Mientras los soldados registraban cada casa y cada templo en busca de botín, observaba desde la puerta de la residencia de Tabscoob. El oro y el jade se acumulaban en cofres que ahora llenaban una de las habitaciones. Las piezas eran pequeñas —collares de cuentas, orejeras circulares, placas con rostros de dioses de ojos de piedra— pero para los soldados cada gramo era una promesa de riqueza. También encontraron mantas de algodón fino, tan suaves que parecían hechas de nubes, y cestos de plumas de quetzal y guacamaya que los soldados amontonaban sin distinguirlas de las de gallina. Los marineros, más prácticos, se llevaron las vasijas de barro y los recipientes de calabaza para el campamento. Todo lo que podía servir, venderse o cambiarse, fue requisado.
Pero algo le inquietaba. Desde la entrada de la ciudad, los mayas heridos que aún podían moverse se arrastraban hasta sentarse junto a sus muertos, con las piernas recogidas contra el pecho, y esperaban. No llevaban agua, ni comida, ni armas. Solo esperaban. Los soldados de guardia murmuraron que habían visto mensajeros salir de la selva al atardecer, y que los heridos, al oírlos, habían alzado la cabeza como quien reconoce una señal. No supo si creerlo. Cada hora que pasaba le dolía un poco más no saber qué esperaban.

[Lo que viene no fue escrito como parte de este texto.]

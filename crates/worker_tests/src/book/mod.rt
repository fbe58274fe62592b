//! The shared book beside a book that nobody shares, and what a receipt is good for.

mod alike_tests;
mod answer;
mod bench;
mod fresh_tests;
pub mod kept;
mod shelf;
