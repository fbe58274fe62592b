//! The same calls on a book and on a shared book have the same answers.

use crate::book::answer::{Answer, Call};
use crate::book::bench::Bench;
use crate::book::kept::keep_the_same;
use crate::book::shelf::Shelf;
use crate::sets::{CUT, Certified, LOOK, MAYBE, OVERFLOW, REGISTERS, SET, TOTAL, rows_of};
use example_sets::set_of;
use history_book::{BeginFault, Book};
use prog_check::ProgramSet;
use prog_tree::{Cause, End};
use si_workers::SharedBook;
use std::alloc::Global;
use std::process::Abort;
use std::sync::Wait;
use std::test::Fail;

/// A call, and what it has to answer where that is said.
type Wanted = (Call, Option<Answer>);

// A bench over a book of these rows, which is shared or not.
fn bench<'a>(
    rt: &impl Abort,
    alloc: Global,
    set: &'a ProgramSet,
    rows: &[(i64, i64)],
    is_shared: bool,
) -> Bench<'a> {
    let rows = rows_of(alloc, rows).expect(rt, "memory");
    let book = Book::open(alloc, set, rows).expect(rt, "memory");
    let shelf = if is_shared {
        Shelf::Shared(SharedBook::new(book))
    } else {
        Shelf::Alone(book)
    };
    Bench::new(alloc, set, shelf)
}

fn answers_of<R: Wait + Abort>(
    rt: &R,
    alloc: Global,
    bench: &mut Bench<'_>,
    calls: &[Wanted],
) -> Vec<Answer> {
    let mut answers = Vec::new(alloc);
    for (call, _) in calls {
        answers.push(bench.make(rt, call)).expect(rt, "memory");
    }
    answers
}

fn check_answers(rt: &impl Abort, calls: &[Wanted], answers: &[Answer]) {
    for (number, ((_, wanted), answer)) in calls.iter().zip(answers).enumerate() {
        assert!(rt;
            wanted.is_none() || *wanted == Some(*answer),
            "call {number}"
        );
    }
}

// Both have to keep the same, which comes to so many commits and endings.
fn check_kept(rt: &impl Abort, alone: &Book<'_>, shared: &Book<'_>, wanted: (u64, usize)) {
    assert!(rt; keep_the_same(alone, shared) == Ok(true));
    assert!(rt; (alone.commits(), alone.endings().len()) == wanted);
}

/// A set, rows, calls, and how many commits and endings they come to.
struct Case {
    set: Certified,
    rows: &'static [(i64, i64)],
    calls: &'static [Wanted],
    counts: (u64, usize),
}

/// What calls came to: their answers and the book.
#[derive(Drop)]
struct Made<'a> {
    answers: Vec<Answer>,
    book: Book<'a>,
}

// Makes the calls on a book that is shared or not.
fn make<'a, R: Wait + Abort>(
    rt: &R,
    alloc: Global,
    set: &'a ProgramSet,
    case: &Case,
    is_shared: bool,
) -> Made<'a> {
    let mut bench = bench(rt, alloc, set, case.rows, is_shared);
    let answers = answers_of(rt, alloc, &mut bench, case.calls);
    let book = bench.into_book();
    Made { answers, book }
}

// The answers have to be the same, and as wanted where that is said, and so has what both keep.
fn compare(rt: &impl Abort, alone: &Made<'_>, shared: &Made<'_>, case: &Case) {
    assert!(rt; shared.answers.as_slice() == alone.answers.as_slice());
    check_answers(rt, case.calls, &alone.answers);
    check_kept(rt, &alone.book, &shared.book, case.counts);
}

// Makes the calls on a book and on a shared book, and compares what they come to.
fn check_both<R: Wait + Abort>(rt: &R, alloc: Global, set: &ProgramSet, case: &Case) {
    let alone = make(rt, alloc, set, case, false);
    let shared = make(rt, alloc, set, case, true);
    compare(rt, &alone, &shared, case);
    drop(alone);
    drop(shared);
}

fn check_alike<R: Wait + Abort>(rt: &R, alloc: Global, case: &Case) -> Result<(), Fail> {
    let set = set_of(alloc, case.set.text)?;
    check_both(rt, alloc, &set, case);
    drop(set);
    Ok(())
}

const READY: Option<Answer> = Some(Answer::Ran(End::Ready));

// What a vacuum counts is not told here: only that both count the same.
const COMMITS: &[Wanted] = &[
    (Call::Begin(SET, &[1, 1]), Some(Answer::Begun(0, 0))),
    (Call::Run(0), READY),
    (Call::Commit(0), Some(Answer::Committed(1))),
    (Call::Begin(LOOK, &[1]), Some(Answer::Begun(1, 1))),
    (Call::Begin(SET, &[1, 2]), Some(Answer::Begun(2, 1))),
    (Call::Run(2), READY),
    (Call::Commit(2), Some(Answer::Committed(2))),
    (Call::Begin(SET, &[1, 3]), Some(Answer::Begun(3, 2))),
    (Call::Run(3), READY),
    (Call::Commit(3), Some(Answer::Committed(3))),
    (Call::Vacuum, None),
    (Call::Run(1), READY),
    (Call::Commit(1), Some(Answer::Committed(4))),
    (Call::Vacuum, None),
    (Call::Begin(CUT, &[1]), Some(Answer::Begun(4, 4))),
    (Call::Run(4), READY),
    (Call::Commit(4), Some(Answer::Committed(5))),
    (Call::Vacuum, None),
];

const REFUSALS: &[Wanted] = &[
    (Call::Begin(TOTAL, &[]), Some(Answer::Begun(0, 0))),
    (
        Call::Run(0),
        Some(Answer::Ran(End::Aborted(Cause::Overflow))),
    ),
    (Call::End(0), Some(Answer::Aborted)),
    (Call::Run(0), Some(Answer::Nothing)),
    (Call::Begin(MAYBE, &[-1]), Some(Answer::Begun(1, 0))),
    (Call::Commit(1), Some(Answer::WrongEnd)),
    (Call::Run(1), Some(Answer::Ran(End::Aborted(Cause::Asked)))),
    (Call::End(1), Some(Answer::Aborted)),
    (
        Call::Begin(MAYBE, &[]),
        Some(Answer::NotBegun(BeginFault::WrongArguments)),
    ),
    (Call::Begin(MAYBE, &[4]), Some(Answer::Begun(2, 0))),
    (Call::Withdraw(2), Some(Answer::Withdrawn)),
    (Call::Commit(2), Some(Answer::Nothing)),
    (Call::Run(5), Some(Answer::Nothing)),
    (Call::Vacuum, Some(Answer::Vacuumed(0))),
];

/// No program of the set has this number.
const NO_PROGRAM: usize = 3;

// A look at an older number holds what it sees. The number that a vacuum has passed is gone.
const OLDER: &[Wanted] = &[
    (Call::Begin(SET, &[1, 5]), Some(Answer::Begun(0, 0))),
    (Call::Run(0), READY),
    (Call::Commit(0), Some(Answer::Committed(1))),
    (Call::BeginAt(0, LOOK, &[1]), Some(Answer::Begun(1, 0))),
    (Call::Vacuum, Some(Answer::Vacuumed(0))),
    (Call::Withdraw(1), Some(Answer::Withdrawn)),
    (Call::Vacuum, Some(Answer::Vacuumed(1))),
    (
        Call::BeginAt(0, NO_PROGRAM, &[]),
        Some(Answer::NotBegun(BeginFault::NoSuchProgram)),
    ),
    (
        Call::BeginAt(2, LOOK, &[]),
        Some(Answer::NotBegun(BeginFault::WrongArguments)),
    ),
    (
        Call::BeginAt(0, LOOK, &[1]),
        Some(Answer::NotBegun(BeginFault::TooOld { floor: 1 })),
    ),
    (
        Call::BeginAt(2, LOOK, &[1]),
        Some(Answer::NotBegun(BeginFault::TooNew { commits: 1 })),
    ),
    (Call::BeginAt(1, LOOK, &[1]), Some(Answer::Begun(2, 1))),
];

const GREATEST: &[(i64, i64)] = &[(1, i64::MAX), (2, 1)];

const COMMITTED: Case = Case {
    set: REGISTERS,
    rows: &[(1, 0)],
    calls: COMMITS,
    counts: (5, 5),
};

const REFUSED: Case = Case {
    set: OVERFLOW,
    rows: GREATEST,
    calls: REFUSALS,
    counts: (0, 2),
};

const BEGUN_AT: Case = Case {
    set: REGISTERS,
    rows: &[(1, 0)],
    calls: OLDER,
    counts: (1, 1),
};

#[test]
fn both_books_commit_vacuum_and_refuse_alike(rt: HostRuntime) -> Result<(), Fail> {
    for case in &[COMMITTED, REFUSED, BEGUN_AT] {
        check_alike(&rt, rt.alloc(), case)?;
    }
    Ok(())
}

El misterio se aclaró al amanecer, cuando los centinelas dieron la alerta. La luz del sol, dorada y tibia, se filtraba entre las copas de los árboles y bañaba las calles de tierra apisonada con un resplandor cálido. Desde la selva, una comitiva se acercaba. Al frente, Tabscoob, erguido sobre una litera adornada con plumas, rodeado de caciques de mantos de algodón con grecas rojas y negras, y guerreros con petos de cuero y rodelas de caña. No traían armas alzadas. Traían ofrendas: cestos de flores, vasijas de barro, mantas dobladas, plumas de quetzal de un verde profundo, como el de la selva después de la lluvia.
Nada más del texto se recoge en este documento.